**YOUR TASK:**
Wherever "Listed" shows up in the records below, copy the whole line.

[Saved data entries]
* * *

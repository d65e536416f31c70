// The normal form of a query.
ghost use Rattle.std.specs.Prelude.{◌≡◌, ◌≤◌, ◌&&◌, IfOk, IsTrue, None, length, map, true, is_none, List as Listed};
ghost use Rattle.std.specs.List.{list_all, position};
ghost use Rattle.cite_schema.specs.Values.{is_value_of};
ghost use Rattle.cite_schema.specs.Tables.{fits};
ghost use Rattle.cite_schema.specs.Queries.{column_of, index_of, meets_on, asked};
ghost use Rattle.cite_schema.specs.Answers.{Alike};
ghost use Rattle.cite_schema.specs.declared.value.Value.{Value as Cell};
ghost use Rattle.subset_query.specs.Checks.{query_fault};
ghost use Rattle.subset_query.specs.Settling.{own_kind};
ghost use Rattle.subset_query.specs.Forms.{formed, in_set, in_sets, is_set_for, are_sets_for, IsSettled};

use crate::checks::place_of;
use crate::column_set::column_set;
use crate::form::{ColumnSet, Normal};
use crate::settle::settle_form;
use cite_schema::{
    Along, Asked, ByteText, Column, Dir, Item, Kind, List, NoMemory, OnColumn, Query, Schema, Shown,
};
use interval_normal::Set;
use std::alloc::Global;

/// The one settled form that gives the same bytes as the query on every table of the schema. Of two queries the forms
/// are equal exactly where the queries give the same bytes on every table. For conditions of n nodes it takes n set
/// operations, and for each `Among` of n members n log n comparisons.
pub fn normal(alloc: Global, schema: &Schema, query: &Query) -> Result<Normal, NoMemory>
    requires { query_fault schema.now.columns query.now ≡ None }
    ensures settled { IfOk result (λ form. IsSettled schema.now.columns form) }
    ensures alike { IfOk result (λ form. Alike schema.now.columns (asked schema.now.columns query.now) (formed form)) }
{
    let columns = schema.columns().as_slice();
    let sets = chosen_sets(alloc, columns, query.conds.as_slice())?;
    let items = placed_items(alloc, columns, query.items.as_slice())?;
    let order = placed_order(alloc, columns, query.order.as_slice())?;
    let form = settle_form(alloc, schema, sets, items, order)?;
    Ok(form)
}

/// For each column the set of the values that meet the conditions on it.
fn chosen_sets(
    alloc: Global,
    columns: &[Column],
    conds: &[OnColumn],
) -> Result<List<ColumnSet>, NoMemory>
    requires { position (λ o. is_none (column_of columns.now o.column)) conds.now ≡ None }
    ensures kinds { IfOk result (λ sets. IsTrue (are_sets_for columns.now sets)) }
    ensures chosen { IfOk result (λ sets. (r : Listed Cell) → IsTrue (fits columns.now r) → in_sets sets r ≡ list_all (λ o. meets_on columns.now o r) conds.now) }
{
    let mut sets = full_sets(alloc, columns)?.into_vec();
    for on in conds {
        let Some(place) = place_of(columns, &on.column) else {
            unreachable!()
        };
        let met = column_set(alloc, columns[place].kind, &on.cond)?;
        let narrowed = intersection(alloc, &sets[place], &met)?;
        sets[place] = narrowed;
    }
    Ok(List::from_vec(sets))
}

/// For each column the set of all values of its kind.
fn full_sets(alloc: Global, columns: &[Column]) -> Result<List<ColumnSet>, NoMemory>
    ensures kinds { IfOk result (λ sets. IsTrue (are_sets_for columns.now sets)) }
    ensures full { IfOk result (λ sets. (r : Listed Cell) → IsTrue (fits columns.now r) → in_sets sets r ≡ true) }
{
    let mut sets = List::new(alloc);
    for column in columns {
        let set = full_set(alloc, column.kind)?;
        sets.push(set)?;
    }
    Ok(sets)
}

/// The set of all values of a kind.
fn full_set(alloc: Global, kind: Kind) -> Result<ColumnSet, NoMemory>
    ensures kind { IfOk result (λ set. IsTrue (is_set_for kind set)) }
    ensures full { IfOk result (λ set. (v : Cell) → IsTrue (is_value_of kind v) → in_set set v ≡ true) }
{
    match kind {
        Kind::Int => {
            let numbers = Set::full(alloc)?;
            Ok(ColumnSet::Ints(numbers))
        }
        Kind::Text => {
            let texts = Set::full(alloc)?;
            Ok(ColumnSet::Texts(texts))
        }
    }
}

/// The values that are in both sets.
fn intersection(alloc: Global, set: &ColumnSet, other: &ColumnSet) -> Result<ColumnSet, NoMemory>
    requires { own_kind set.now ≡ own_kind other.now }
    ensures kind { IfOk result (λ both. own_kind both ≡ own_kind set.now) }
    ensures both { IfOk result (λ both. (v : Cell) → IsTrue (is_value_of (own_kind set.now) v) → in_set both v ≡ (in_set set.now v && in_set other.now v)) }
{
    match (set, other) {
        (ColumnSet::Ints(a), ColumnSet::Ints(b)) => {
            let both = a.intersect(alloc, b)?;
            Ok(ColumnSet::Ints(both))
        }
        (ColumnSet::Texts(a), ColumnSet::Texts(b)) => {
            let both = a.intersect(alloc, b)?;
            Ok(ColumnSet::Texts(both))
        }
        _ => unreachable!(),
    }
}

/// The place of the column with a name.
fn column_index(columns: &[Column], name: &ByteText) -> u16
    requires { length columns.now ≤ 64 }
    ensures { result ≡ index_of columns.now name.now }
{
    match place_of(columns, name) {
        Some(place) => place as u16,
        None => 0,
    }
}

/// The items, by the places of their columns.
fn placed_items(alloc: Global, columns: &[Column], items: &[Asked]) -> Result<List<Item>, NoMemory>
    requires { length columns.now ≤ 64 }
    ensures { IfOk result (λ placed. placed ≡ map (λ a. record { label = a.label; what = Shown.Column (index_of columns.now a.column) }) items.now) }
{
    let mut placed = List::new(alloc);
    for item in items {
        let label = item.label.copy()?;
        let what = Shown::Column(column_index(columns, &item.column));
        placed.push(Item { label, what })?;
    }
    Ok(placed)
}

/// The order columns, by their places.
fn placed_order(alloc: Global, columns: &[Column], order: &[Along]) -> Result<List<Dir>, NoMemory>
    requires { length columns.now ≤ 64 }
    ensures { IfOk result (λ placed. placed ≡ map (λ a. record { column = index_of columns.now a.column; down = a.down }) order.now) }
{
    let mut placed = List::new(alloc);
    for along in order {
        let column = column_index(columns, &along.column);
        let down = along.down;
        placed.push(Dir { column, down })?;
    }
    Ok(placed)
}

* * *

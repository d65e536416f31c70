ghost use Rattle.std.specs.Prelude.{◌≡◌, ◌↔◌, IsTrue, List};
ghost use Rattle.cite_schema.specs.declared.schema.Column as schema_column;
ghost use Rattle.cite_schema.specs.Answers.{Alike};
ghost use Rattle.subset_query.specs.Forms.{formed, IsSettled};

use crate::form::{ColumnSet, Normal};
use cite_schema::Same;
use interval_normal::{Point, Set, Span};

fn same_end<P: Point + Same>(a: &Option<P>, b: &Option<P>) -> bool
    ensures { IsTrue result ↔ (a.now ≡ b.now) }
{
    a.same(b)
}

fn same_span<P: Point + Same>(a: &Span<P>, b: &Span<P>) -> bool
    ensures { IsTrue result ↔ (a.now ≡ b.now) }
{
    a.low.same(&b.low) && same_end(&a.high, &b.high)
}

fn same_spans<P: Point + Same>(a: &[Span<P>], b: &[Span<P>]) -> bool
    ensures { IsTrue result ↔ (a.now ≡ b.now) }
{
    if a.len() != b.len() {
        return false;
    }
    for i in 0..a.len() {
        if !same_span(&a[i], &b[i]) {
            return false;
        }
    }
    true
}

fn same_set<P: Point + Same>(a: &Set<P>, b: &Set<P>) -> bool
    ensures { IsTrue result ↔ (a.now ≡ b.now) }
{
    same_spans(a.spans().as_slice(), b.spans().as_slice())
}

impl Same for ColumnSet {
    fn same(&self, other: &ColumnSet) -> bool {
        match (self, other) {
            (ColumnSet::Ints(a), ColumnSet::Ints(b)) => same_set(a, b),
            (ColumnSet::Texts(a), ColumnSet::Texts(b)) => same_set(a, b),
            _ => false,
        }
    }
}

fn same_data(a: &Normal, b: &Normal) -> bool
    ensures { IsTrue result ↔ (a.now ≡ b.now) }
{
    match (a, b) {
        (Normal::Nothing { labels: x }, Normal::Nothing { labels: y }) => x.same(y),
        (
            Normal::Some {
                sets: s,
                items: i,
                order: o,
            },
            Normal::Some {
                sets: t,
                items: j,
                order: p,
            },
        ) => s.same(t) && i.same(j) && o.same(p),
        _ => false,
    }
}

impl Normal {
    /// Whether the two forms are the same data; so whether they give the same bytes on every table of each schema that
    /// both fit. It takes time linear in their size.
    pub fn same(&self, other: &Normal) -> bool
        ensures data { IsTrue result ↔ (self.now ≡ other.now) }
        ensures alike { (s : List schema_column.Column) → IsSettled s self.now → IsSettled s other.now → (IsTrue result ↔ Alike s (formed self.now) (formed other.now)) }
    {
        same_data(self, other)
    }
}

* * *

**EXPECTED ANSWER:**
ghost use Rattle.std.specs.Prelude.{◌≡◌, ◌≤◌, ◌&&◌, IfOk, IsTrue, None, length, map, true, is_none, List as Listed};
    ensures chosen { IfOk result (λ sets. (r : Listed Cell) → IsTrue (fits columns.now r) → in_sets sets r ≡ list_all (λ o. meets_on columns.now o r) conds.now) }
    ensures full { IfOk result (λ sets. (r : Listed Cell) → IsTrue (fits columns.now r) → in_sets sets r ≡ true) }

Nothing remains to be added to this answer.